■ **What to work on**: Copy every record below exactly as it appears.
------------------------------------
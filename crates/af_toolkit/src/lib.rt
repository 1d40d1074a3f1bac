//! How a tool ends, and how it follows its trace over a connection: what all tools have in common.
#![tactic(auto)]

mod device;
mod end;
mod lost;
mod talk;
mod text;
mod time;

pub use device::device_with;
pub use end::ToolEnd;
pub use lost::{end_by, had_left, is_late, periods_before, time_before};
pub use talk::{CONTEXT, ToolContext, begin, device_time, finish, make_context};
pub use text::{put, put_gain, put_number, write_piece, write_text};
pub use time::time_after_frames;
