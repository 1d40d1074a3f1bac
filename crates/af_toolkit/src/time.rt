// Times after a start.
ghost use Rattle.std.specs.Prelude.{◌≡◌, ◌+◌, ◌%◌, ◌^◌};

use af_time::DevTime;

/// The time of a frame after so many from a start on.
pub fn time_after_frames(start: DevTime, frames: u64) -> DevTime
    ensures { result.0 ≡ (start.0 + frames) % 2 ^ 32 }
{
    start.after((frames % (1 << 32)) as u32)
}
------------------------------------
■ **Answer to the problem**:
filename crates/af_toolkit/src/lib.rt
repository 1d40d1074a3f1bac
//! How a tool ends, and how it follows its trace over a connection: what all tools have in common.
#![tactic(auto)]

mod device;
mod end;
mod lost;
mod talk;
mod text;
mod time;

pub use device::device_with;
pub use end::ToolEnd;
pub use lost::{end_by, had_left, is_late, periods_before, time_before};
pub use talk::{CONTEXT, ToolContext, begin, device_time, finish, make_context};
pub use text::{put, put_gain, put_number, write_piece, write_text};
pub use time::time_after_frames;
repository 1d40d1074a3f1bac
filename crates/af_toolkit/src/time.rt
// Times after a start.
ghost use Rattle.std.specs.Prelude.{◌≡◌, ◌+◌, ◌%◌, ◌^◌};

use af_time::DevTime;

/// The time of a frame after so many from a start on.
pub fn time_after_frames(start: DevTime, frames: u64) -> DevTime
    ensures { result.0 ≡ (start.0 + frames) % 2 ^ 32 }
{
    start.after((frames % (1 << 32)) as u32)
}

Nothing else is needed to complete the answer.